Unemployment Fall Disguises Serious Poverty in the UK

Unemployment has continued to fall as the claimed economic bounce back saw more UK citizens find work. The latest Office for National Statistics (ONS) figures show the same pattern as the last year, but signs of a slowdown in the number entering work mean the country is not out of the woods yet.

Unemployment has continued to fall as the claimed economic bounce back saw more UK citizens find work.

The latest Office for National Statistics (ONS) figures show the same pattern as the last year, but signs of a slowdown in the number entering work mean the country is not out of the woods yet.

Although unemployment fell by 146,000 in the last three months to 2.02 million, the number actually in work only went up by 74,000, ending a run of figures showing hundreds of thousands more getting jobs.

The main reason for this was a rise of 114,000 in the number classified as 'economically inactive', which is due partly to a slowdown in the number of disabled and long term sick people being found fit for work as the hated Atos work capability assessment is wound down.

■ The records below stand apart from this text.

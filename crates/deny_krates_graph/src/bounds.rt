ghost use Rattle.std.specs.Prelude.{◌≡◌, ◌+◌, ◌<◌, ◌^◌, IfOk, OnOk, length};
ghost use Rattle.deny_krates_graph.specs.Bounds.{lock_length, lock_line_length, node_count};
ghost use Rattle.deny_krates_graph.specs.Crates.{crate_view, crates_from};

use crate::krate::Krate;
use deny_base_lists::NoMemory;
use std::alloc::Global;

// How many bytes a lock text has at most.
const LOCK_ROOM: usize = (1 << 29) - 1;

// How many nodes a graph has at most.
const NODE_ROOM: usize = (1 << 32) - 1;

/// Checks that the lock text of the crates and the number of their nodes are within bounds; beyond them
/// memory counts as run out.
pub fn check_bounds(alloc: Global, krates: &[Krate]) -> Result<(), NoMemory>
    ensures lock { OnOk result (lock_length (crates_from 0 krates.now) < 2 ^ 29) }
    ensures nodes { OnOk result (node_count (crates_from 0 krates.now) < 2 ^ 32) }
{
    check_lock(alloc, krates)?;
    check_nodes(krates)
}

fn check_lock(alloc: Global, krates: &[Krate]) -> Result<(), NoMemory>
    ensures { OnOk result (lock_length (crates_from 0 krates.now) < 2 ^ 29) }
{
    let mut left = LOCK_ROOM;
    for krate in krates {
        left = without_line(alloc, left, krate)?;
    }
    Ok(())
}

fn check_nodes(krates: &[Krate]) -> Result<(), NoMemory>
    ensures { OnOk result (node_count (crates_from 0 krates.now) < 2 ^ 32) }
{
    let mut left = NODE_ROOM;
    for krate in krates {
        let room = without(left, 1)?;
        left = without(room, krate.enabled.len())?;
    }
    Ok(())
}

// The room that is left after the line of a crate in the lock text.
fn without_line(alloc: Global, room: usize, krate: &Krate) -> Result<usize, NoMemory>
    ensures { IfOk result (λ left. left + lock_line_length (crate_view 0 krate.now) ≡ room) }
{
    let version = krate.version_text(alloc)?;
    let after_name = without_text(room, krate.name.as_str())?;
    let after_version = without_text(after_name, version.as_str())?;
    let after_source = without_text(after_version, krate.source_or_folder())?;
    without(after_source, 3)
}

fn without_text(room: usize, text: &str) -> Result<usize, NoMemory>
    ensures { IfOk result (λ left. left + length text.now ≡ room) }
{
    without(room, text.len())
}

// The room that is left after some is taken; out of memory where there is too little.
fn without(room: usize, taken: usize) -> Result<usize, NoMemory>
    ensures { IfOk result (λ left. left + taken ≡ room) }
{
    if taken > room {
        return Err(NoMemory);
    }
    Ok(room - taken)
}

It also includes many more who have decided to look after their homes instead of looking for work, an indicator that the kind of quality jobs needed to lead the UK out of recession still aren't being created.

The continuing problems of low pay for the majority saw average yearly rises of only 0.6% even as inflation was far higher over the last twelve months. Most workers saw their take-home pay plummet in value as they struggled to make ends meet.

The problem of self-employment continues to blight the country. There is nothing wrong in theory with 368,000 more people working for themselves over the last year, around the same number that found full time jobs.

But George Osborne's pretence that there has been a wave of entrepreneurship sweeping the UK was exposed for the nonsense it is when the ONS released an article on this issue last month.

This showed that self-employed earnings fell by nearly a third between 2006 and 2014, a huge blow to those involved.

It gets worse than that though, with their average pay at nearly £100 per week less than in 2006 sitting at less now than a full-time minimum wage employee by around £2,500 per year.

It needs to be understood that when these apparently rosy employment figures are announced each month, they are really telling us of many people who cannot find other work being forced into either a fake status that disguises their joblessness or poverty level pay and developing world working hours.

There is another element of disguise, in that the pay of self-employed people is not included when official figures are released; how much worse would today's 0.6% rise in wages have been if the 12% fall for those working for themselves was included?

The bald work statistics don't tell us about the quality of work created, whether employee or self-employed, but ever-decreasing pay does.

It is clear that low quality jobs, including zero hours contracts, insecure work, and work created in low-pay sectors, are holding back the recovery, resulting in ever-lower incomes, as TUC Secretary General Frances O'Grady says in response to today's news:

"Last week the Governor of the Bank of England said the fall in real wages is the worst since the 1920s and today's figures show it getting worse. Pay increases are less than half the rate of inflation, so living standards keep on falling.

"More people are working, but growth based on more low-paid jobs isn't working for Britain. We need jobs that ensure everyone gets a fair share in the growing economy through real increases to their wages."

Simply rewarding the richest with more and more money, while everyone else simply divides up what is left without growing it, is no way to long term economic prosperity.